Watching and willing you to kick your awful DH out. Please don't let you DD grow up thinking that this is a normal way to behave.

You can do it!

sassy34264 · 26/06/2012 09:51

i'm racking my brain trying to think of something that makes you better off with him. or why you would want him to stay?

i think he does actually hate you. you earn the house, you work full time, you look after the house and your gorgeous dd.

you are a superwoman to him and us and he is an inadequate human being.

he has systematically made himself indispensable- he gives you NOTHING.

what would you miss?

the help with the housework?
the help with dd?
his wage?
his abuse?

see? nothing to miss and everything to gain.

he is an ugly person on the inside and he is making you miserable.

please please get some sense of self worth from somewhere us and find the strength to tell yourself that you dont derserve to be treated like this and you are not willing to let some inadequate prick ruin your one life.
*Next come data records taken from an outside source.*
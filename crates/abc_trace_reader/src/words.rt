//! Words and their numbers.
ghost use Rattle.std.specs.Prelude.{◌≡◌, ◌+◌, ◌<◌, ◌^◌, map, length, IfOk, All};
ghost use Rattle.abc_text.specs.Meanings.{AreDifferent};
ghost use Rattle.abc_text.specs.Spelling.{IsWordSpelling};
ghost use Rattle.abc_trace_order.specs.Reading.{AreNumbered};

use abc_lexer::Names;
use abc_pred::Name;
use abc_value::{List, NoMemory, ShortText, Value};
use std::alloc::Global;

/// Those that heard, with the numbers of their words. A word that has none gets the next.
pub fn number_heard<'t>(
    alloc: Global,
    heard: &[(&'t [u8], u32)],
    names: &mut Names<'t>,
) -> Result<List<(Name, u32)>, NoMemory>
    requires { length names.old + length heard.now < 2 ^ 32 }
    ensures { IfOk result (λ h. AreNumbered names.old (map (λ e. (e.0.now, e.1)) heard.now) names.new h) }
{
    let mut named = List::new(alloc);
    for (word, place) in heard {
        let number = names.number(*word)?;
        named.push((Name(number), *place))?;
    }
    Ok(named)
}

/// Attributes with their values, and the numbers of their words.
pub fn number_entries<'t>(
    alloc: Global,
    entries: List<(&'t [u8], Value)>,
    names: &mut Names<'t>,
) -> Result<List<(Name, Value)>, NoMemory>
    requires { length names.old + length entries < 2 ^ 32 }
    ensures { IfOk result (λ es. AreNumbered names.old (map (λ e. (e.0.now, e.1)) entries.entry) names.new es) }
{
    let mut named = List::new(alloc);
    for (word, value) in entries.into_vec() {
        let number = names.number(word)?;
        named.push((Name(number), value))?;
    }
    Ok(named)
}

/// A word as a text. No word is longer than a text.
fn word_text(word: &[u8]) -> ShortText
    requires { IsWordSpelling word.now }
    ensures { result ≡ word.now }
{
    ShortText::from_bytes(word).unwrap()
}

/// The words as texts.
pub fn texts(alloc: Global, words: &[&[u8]]) -> Result<List<ShortText>, NoMemory>
    requires { All (λ w. IsWordSpelling w.now) words.now }
    ensures { IfOk result (λ ts. ts ≡ map (λ w. w.now) words.now) }
{
    let mut made = List::new(alloc);
    for word in words {
        made.push(word_text(*word))?;
    }
    Ok(made)
}
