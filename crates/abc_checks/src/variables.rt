ghost use Rattle.std.specs.Prelude.{◌≡◌, map};
ghost use Rattle.std.specs.List.{list_any};
ghost use Rattle.abc_pred.specs.Maps.{lists};
ghost use Rattle.abc_pred.specs.Standing.{operand_of, expr_of, pred_of};
ghost use Rattle.abc_term.specs.Standing.{process_of, exprs_of, updates_of};
ghost use Rattle.abc_checks.specs.Variables.{operand_open, expr_open, pred_open, exprs_open, updates_open, process_open};
ghost use Rattle.abc_checks.specs.Scopes.{bound_in};

use crate::names::lists;
use abc_pred::{Expr, Name, Operand, Pred};
use abc_term::{Process, Update};

/// The variables of the inputs around a part, from the nearest on.
#[derive(Clone, Copy)]
pub enum Scope<'a> {
    Outside,
    Inside(&'a [Name], &'a Scope<'a>),
}

/// Whether the name is one of the scope's variables.
#[tactic(auto, using(crate::proofs::NamesMet::in_scope))]
fn binds(scope: &Scope<'_>, name: Name) -> bool
    ensures { result ≡ lists (bound_in scope.now) name }
{
    match scope {
        Scope::Outside => false,
        Scope::Inside(names, outer) => lists(names, name) || binds(outer, name),
    }
}

fn operand_open(scope: &Scope<'_>, operand: &Operand) -> bool
    ensures { result ≡ operand_open (bound_in scope.now) (operand_of operand.now) }
{
    match operand {
        Operand::Literal(_) | Operand::Attr(_) | Operand::This(_) => false,
        Operand::Var(name) => !binds(scope, *name),
        Operand::Add(left, right) | Operand::Sub(left, right) | Operand::Mul(left, right) => {
            operand_open(scope, left) || operand_open(scope, right)
        }
        Operand::Size(of) | Operand::Free(of) => operand_open(scope, of),
    }
}

fn operands_open(scope: &Scope<'_>, operands: &[Operand]) -> bool
    ensures { result ≡ list_any (operand_open (bound_in scope.now)) (map operand_of operands.now) }
{
    for operand in operands {
        if operand_open(scope, operand) {
            return true;
        }
    }
    false
}

fn expr_open(scope: &Scope<'_>, expr: &Expr) -> bool
    ensures { result ≡ expr_open (bound_in scope.now) (expr_of expr.now) }
{
    match expr {
        Expr::Plain(operand) => operand_open(scope, operand),
        Expr::SetOf(operands) => operands_open(scope, operands.as_slice()),
        Expr::Union(left, right) | Expr::Without(left, right) => {
            expr_open(scope, left) || expr_open(scope, right)
        }
    }
}

fn exprs_open(scope: &Scope<'_>, exprs: &[Expr]) -> bool
    ensures { result ≡ exprs_open (bound_in scope.now) (exprs_of exprs.now) }
{
    for expr in exprs {
        if expr_open(scope, expr) {
            return true;
        }
    }
    false
}

fn updates_open(scope: &Scope<'_>, updates: &[Update]) -> bool
    ensures { result ≡ updates_open (bound_in scope.now) (updates_of updates.now) }
{
    for update in updates {
        if expr_open(scope, &update.value) {
            return true;
        }
    }
    false
}

fn pred_open(scope: &Scope<'_>, pred: &Pred) -> bool
    ensures { result ≡ pred_open (bound_in scope.now) (pred_of pred.now) }
{
    match pred {
        Pred::True | Pred::False => false,
        Pred::Same(left, right) | Pred::Less(left, right) | Pred::Member(left, right) => {
            operand_open(scope, left) || operand_open(scope, right)
        }
        Pred::Not(of) => pred_open(scope, of),
        Pred::And(left, right) | Pred::Or(left, right) => {
            pred_open(scope, left) || pred_open(scope, right)
        }
    }
}

/// Whether the process has a variable that neither the scope nor an input around it binds.
pub fn process_open(scope: &Scope<'_>, process: &Process) -> bool
    ensures { result ≡ process_open (bound_in scope.now) (process_of process.now) }
{
    match process {
        Process::Nil | Process::Call(_) => false,
        Process::Output(exprs, pred, after) => {
            exprs_open(scope, exprs.as_slice())
                || pred_open(scope, pred)
                || updates_open(scope, after.updates.as_slice())
                || process_open(scope, &after.then)
        }
        Process::Input(pred, names, after) => {
            let inside = Scope::Inside(names.as_slice(), &*scope);
            pred_open(&inside, pred)
                || updates_open(&inside, after.updates.as_slice())
                || process_open(&inside, &after.then)
        }
        Process::When(guard, then) => pred_open(scope, guard) || process_open(scope, then),
        Process::Choice(left, right) | Process::Par(left, right) => {
            process_open(scope, left) || process_open(scope, right)
        }
    }
}
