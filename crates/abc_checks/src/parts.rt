ghost use Rattle.std.specs.Prelude.{◌≡◌};
ghost use Rattle.abc_term.specs.Standing.{process_of};
ghost use Rattle.abc_checks.specs.Parts.{repeats_variable};

use crate::names::repeats;
use abc_term::Process;

/// Whether an input of the process lists a variable twice.
pub fn repeats_variable(process: &Process) -> bool
    ensures { result ≡ repeats_variable (process_of process.now) }
{
    match process {
        Process::Nil | Process::Call(_) => false,
        Process::Output(_, _, after) => repeats_variable(&after.then),
        Process::Input(_, variables, after) => {
            repeats(variables.as_slice()) || repeats_variable(&after.then)
        }
        Process::When(_, then) => repeats_variable(then),
        Process::Choice(left, right) | Process::Par(left, right) => {
            repeats_variable(left) || repeats_variable(right)
        }
    }
}
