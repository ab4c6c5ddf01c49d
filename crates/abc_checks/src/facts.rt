ghost use Rattle.std.specs.Prelude.{◌≡◌, ◌≤◌, ℕ, [], take, length, IsTrue};
ghost use Rattle.abc_term.specs.Standing.{process_of, definitions_of};
ghost use Rattle.abc_checks.specs.Variables.{process_open};
ghost use Rattle.abc_checks.specs.Facts.{Has, definition_doubles, component_doubles, calls_unknown};

use crate::names::repeats;
use crate::parts::repeats_variable;
use crate::places::Places;
use crate::sites::Fact;
use crate::unknown::calls_unknown;
use crate::variables::{Scope, process_open};
use abc_term::{Component, Definition, Program};

fn definition_doubles(places: &Places<'_>, at: usize, definition: &Definition) -> bool
    requires { at ≤ length places.now.program.now.definitions }
    ensures { result ≡ definition_doubles (take at places.now.program.now.definitions) definition.now }
{
    places.defines_before(at, definition.name) || repeats_variable(&definition.body)
}

fn component_doubles(places: &Places<'_>, at: usize, component: &Component) -> bool
    requires { at ≤ length places.now.program.now.components }
    ensures { result ≡ component_doubles (take at places.now.program.now.components) component.now }
{
    places.has_component_before(at, component.name)
        || repeats(component.initial.as_slice())
        || repeats(component.show.as_slice())
        || repeats_variable(&component.run)
}

/// A name stands twice.
#[derive(Drop)]
pub struct DoubleName<'p>(pub &'p Places<'p>);

impl Fact for DoubleName<'_> {
    ghost of_definition = { λ f i. Has (definition_doubles (take i f.0.now.program.now.definitions)) f.0.now.program.now.definitions i };

    ghost of_component = { λ f i. Has (component_doubles (take i f.0.now.program.now.components)) f.0.now.program.now.components i };

    fn definition_has(&self, at: usize) -> bool {
        let definitions = self.0.program.definitions.as_slice();
        match definitions.get(at) {
            None => false,
            Some(definition) => definition_doubles(self.0, at, definition),
        }
    }

    fn component_has(&self, at: usize) -> bool {
        let components = self.0.program.components.as_slice();
        match components.get(at) {
            None => false,
            Some(component) => component_doubles(self.0, at, component),
        }
    }
}

/// A name is called that no definition has.
#[derive(Drop)]
pub struct UnknownName<'p>(pub &'p Places<'p>);

impl Fact for UnknownName<'_> {
    ghost of_definition = { λ f. Has (λ d. calls_unknown (definitions_of f.0.now.program.now.definitions) (process_of d.body)) f.0.now.program.now.definitions };

    ghost of_component = { λ f. Has (λ C. calls_unknown (definitions_of f.0.now.program.now.definitions) (process_of C.run)) f.0.now.program.now.components };

    fn definition_has(&self, at: usize) -> bool {
        match self.0.program.definitions.get(at) {
            None => false,
            Some(definition) => calls_unknown(self.0, &definition.body),
        }
    }

    fn component_has(&self, at: usize) -> bool {
        match self.0.program.components.get(at) {
            None => false,
            Some(component) => calls_unknown(self.0, &component.run),
        }
    }
}

/// No enclosing input binds a variable.
#[derive(Drop)]
pub struct OpenVariable<'p>(pub &'p Program);

impl Fact for OpenVariable<'_> {
    ghost of_definition = { λ f. Has (λ d. process_open [] (process_of d.body)) f.0.now.definitions };

    ghost of_component = { λ f. Has (λ C. process_open [] (process_of C.run)) f.0.now.components };

    fn definition_has(&self, at: usize) -> bool {
        match self.0.definitions.get(at) {
            None => false,
            Some(definition) => process_open(&Scope::Outside, &definition.body),
        }
    }

    fn component_has(&self, at: usize) -> bool {
        match self.0.components.get(at) {
            None => false,
            Some(component) => process_open(&Scope::Outside, &component.run),
        }
    }
}
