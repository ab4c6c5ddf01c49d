ghost use Rattle.std.specs.Prelude.{◌≡◌, map, IfOk};
ghost use Rattle.abc_pred.specs.Maps.{lists};
ghost use Rattle.abc_pred.specs.declared.names.Name.{Name};
ghost use Rattle.abc_checks.specs.Parts.{repeats};

use abc_pred::Name;
use abc_term::{Component, Definition};
use abc_value::{NoMemory, Value};
use std::alloc::Global;

/// What has a name.
pub trait Named {
    ghost name_of: { Self → Name };

    fn name(&self) -> Name
        ensures { result ≡ name_of self.now };
}

impl Named for Name {
    ghost name_of = { λ n. n };

    fn name(&self) -> Name {
        *self
    }
}

impl Named for (Name, Value) {
    ghost name_of = { λ a. a.0 };

    fn name(&self) -> Name {
        self.0
    }
}

impl Named for Definition {
    ghost name_of = { λ d. d.name };

    fn name(&self) -> Name {
        self.name
    }
}

impl Named for Component {
    ghost name_of = { λ C. C.name };

    fn name(&self) -> Name {
        self.name
    }
}

/// The names of the items.
pub fn names_of<T: Named>(alloc: Global, items: &[T]) -> Result<Vec<Name>, NoMemory>
    ensures { IfOk result (λ v. v.items ≡ map T.name_of items.now) }
{
    let mut names = Vec::new(alloc);
    for item in items {
        names.push(item.name())?;
    }
    Ok(names)
}

/// Whether one of the items has the name.
pub fn lists<T: Named>(items: &[T], name: Name) -> bool
    ensures { result ≡ lists (map T.name_of items.now) name }
{
    for item in items {
        if item.name() == name {
            return true;
        }
    }
    false
}

/// Whether two of the items have one name.
pub fn repeats<T: Named>(items: &[T]) -> bool
    ensures { result ≡ repeats (map T.name_of items.now) }
{
    match items.split_first() {
        None => false,
        Some((first, rest)) => lists(rest, first.name()) || repeats(rest),
    }
}
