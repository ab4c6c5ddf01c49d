//! What a checked program gives, and the limits as numbers: each function's contract is a law, and its
//! body does nothing.

ghost use Rattle.std.specs.Prelude.{◌≡◌};
ghost use Rattle.abc_checks.specs.Worked.{ParsAreFound, RepeatsAreFound, WidthsAreCounted, WidthsAreCapped, WidthsHaveALimit, BreadthsAreCounted, BreadthsAreCapped, BreadthsHaveALimit, ComponentsHaveALimit};
ghost use Rattle.abc_checks.specs.CheckedLaws.{CallsHaveBodies, CheckedCallsEnd, WidthsAreSmall};

use crate::limits::{BROADEST, MOST_COMPONENTS, WIDEST};

/// The limits that the facts of the checks speak of: 256 components, a width of 64 and a breadth of 2,048.
pub fn limits_are_these()
    ensures components { MOST_COMPONENTS ≡ 256 }
    ensures width { WIDEST ≡ 64 }
    ensures breadth { BROADEST ≡ 2048 }
{}

/// What small processes count as, and what is within the limits and what isn't.
pub fn worked_counts()
    ensures pars { ParsAreFound }
    ensures repeats { RepeatsAreFound }
    ensures widths { WidthsAreCounted }
    ensures capped_widths { WidthsAreCapped }
    ensures width_limit { WidthsHaveALimit }
    ensures breadths { BreadthsAreCounted }
    ensures capped_breadths { BreadthsAreCapped }
    ensures breadth_limit { BreadthsHaveALimit }
    ensures component_limit { ComponentsHaveALimit }
{}

/// Every call of a checked program has a body.
pub fn calls_have_bodies()
    ensures { CallsHaveBodies }
{}

/// The unguarded calls of a checked program come to an end.
pub fn checked_calls_end()
    ensures { CheckedCallsEnd }
{}

/// The components of a checked program are at most 64 wide.
pub fn widths_are_small()
    ensures { WidthsAreSmall }
{}
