ghost use Rattle.std.specs.Prelude.{◌≡◌, ◌↔◌, slice_get, IsSomeAnd, IfOk, IsTrue};
ghost use Rattle.std.proofs.Props.{props};
ghost use Rattle.abc_term.specs.Standing.{process_of, definitions_of};
ghost use Rattle.abc_checks.specs.Measures.{IsTooWide, HasTooManyMoves, IsLeastSolution, width_of, breadth_of};
ghost use Rattle.abc_checks.specs.Tables.{measure_of, number_of};

use crate::limits::WIDEST;
use crate::measures::{parts_of, width};
use crate::places::Places;
use crate::sites::Fact;
use abc_term::Process;

/// A component has a width above 64. The widths are those of the definitions' bodies.
#[derive(Drop)]
pub struct TooWide<'p> {
    pub places: &'p Places<'p>,
    pub widths: &'p [usize],
    ghost least: { IsLeastSolution width_of (definitions_of places.now.program.now.definitions) (number_of places.now.program.now.definitions widths.now) } by { Prim.hlevel props },
}

impl TooWide<'_> {
    fn holds_of(&self, process: &Process) -> bool
        ensures { IsTrue result ↔ IsTooWide (definitions_of self.now.places.now.program.now.definitions) (process_of process.now) }
    {
        WIDEST < width(self.places, self.widths, process)
    }
}

impl Fact for TooWide<'_> {
    ghost of_definition = { λ f i. ⊥ };

    ghost of_component = { λ f i. IsSomeAnd (slice_get f.places.now.program.now.components i) (λ C. IsTooWide (definitions_of f.places.now.program.now.definitions) (process_of C.run)) };

    fn definition_has(&self, _at: usize) -> bool {
        false
    }

    fn component_has(&self, at: usize) -> bool {
        match self.places.program.components.get(at) {
            None => false,
            Some(component) => self.holds_of(&component.run),
        }
    }
}

/// A process or a part of one has a breadth above 2,048. The breadths are those of the definitions'
/// bodies.
#[derive(Drop)]
pub struct TooManyMoves<'p> {
    pub places: &'p Places<'p>,
    pub breadths: &'p [usize],
    ghost least: { IsLeastSolution breadth_of (definitions_of places.now.program.now.definitions) (number_of places.now.program.now.definitions breadths.now) } by { Prim.hlevel props },
}

impl TooManyMoves<'_> {
    fn holds_of(&self, process: &Process) -> bool
        ensures { IsTrue result ↔ HasTooManyMoves (definitions_of self.now.places.now.program.now.definitions) (process_of process.now) }
    {
        let (_, broad) = parts_of(self.places, self.breadths, process);
        broad
    }
}

impl Fact for TooManyMoves<'_> {
    ghost of_definition = { λ f i. IsSomeAnd (slice_get f.places.now.program.now.definitions i) (λ d. HasTooManyMoves (definitions_of f.places.now.program.now.definitions) (process_of d.body)) };

    ghost of_component = { λ f i. IsSomeAnd (slice_get f.places.now.program.now.components i) (λ C. HasTooManyMoves (definitions_of f.places.now.program.now.definitions) (process_of C.run)) };

    fn definition_has(&self, at: usize) -> bool {
        match self.places.program.definitions.get(at) {
            None => false,
            Some(definition) => self.holds_of(&definition.body),
        }
    }

    fn component_has(&self, at: usize) -> bool {
        match self.places.program.components.get(at) {
            None => false,
            Some(component) => self.holds_of(&component.run),
        }
    }
}
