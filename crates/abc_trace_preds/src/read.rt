//! The predicate of a line of a trace.
ghost use Rattle.std.specs.Prelude.{◌≡◌, ◌<◌, ◌+◌, ◌^◌, length, IfOk};
ghost use Rattle.abc_text.specs.Meanings.{AreDifferent};
ghost use Rattle.abc_trace_preds.specs.Reading.{IsReadPred};

use crate::alone::{Alone, read_alone};
use crate::renumber::{numbers_of, renumber};
use abc_lexer::Names;
use abc_pred::Pred;
use abc_value::NoMemory;
use std::alloc::Global;

/// The predicate whose text these bytes are, where it is closed, is within its limits and is written
/// canonically; None where there is none. The words that it names first get the next numbers; what
/// `names` holds after None or NoMemory is not told.
pub fn read_sent<'t>(
    alloc: Global,
    bytes: &'t [u8],
    names: &mut Names<'t>,
) -> Result<Option<Pred>, NoMemory>
    requires different { AreDifferent names.old }
    requires few { length names.old + length bytes.now < 2 ^ 32 }
    ensures { IfOk result (λ p. IsReadPred names.old bytes.now names.new p) }
{
    match read_alone(alloc, bytes)? {
        None => Ok(None),
        Some(
            Alone {
                mut pred,
                names: own,
            },
        ) => {
            let numbers = numbers_of(alloc, own.words(), names)?;
            renumber(&mut pred, numbers.as_slice());
            Ok(Some(pred))
        }
    }
}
sassy34264 · 26/06/2012 09:53
  • own not earn

and

dispensible not indispensable!

god i need some sleep

sorry

pictish · 26/06/2012 10:11

OP - when the big confrontation about his abuse occurs...the one where you have reached the point of finally putting him out...he may well start to attribute his dreadful behaviour to various things.

He may say that you drive him to it. He may say that you are selfish or unloving, or that you wind him up, so therefore, you bring it upon yourself. You don't, and this angle is designed to make his behaviour seem justifiable and even reasonable. It isn't.

He may say he is stressed. Maybe at work, or with the demands of being a father. Maybe because of lack of money. He may behave as though he is ashamed of his anger, but can't help it because he is so stressed. Remember this - he is not abusive because he is angry...he behaves with anger because he is abusive. Make the distinction and be firm on it.

He may say that he has felt shoved out because of your dd. This is a common tactic of abusive men. There is no doubt we love our children more than anything, and abusive men exploit that as a stick to beat their spouses with. It is an effective way of making their wives prioritise their own wishes above all else, while leaving plenty of leverage for guilt mongering should their spouses step out of line.

My point is, there are many things he may say to explain away, and justify his rotten behaviour. He will be convincing too.

Unless he is able to admit he is abusive, and personally take firm and decisive action to seek the appropriate therapy to stop his abuse dead, then he is an absolute dud.

People like him behave the way they do because one way or another, they think they're entitled to and it's ok.
Normal, healthy people do not behave this way, because they know it's not, and there's no pleasure to be found in being a cunt.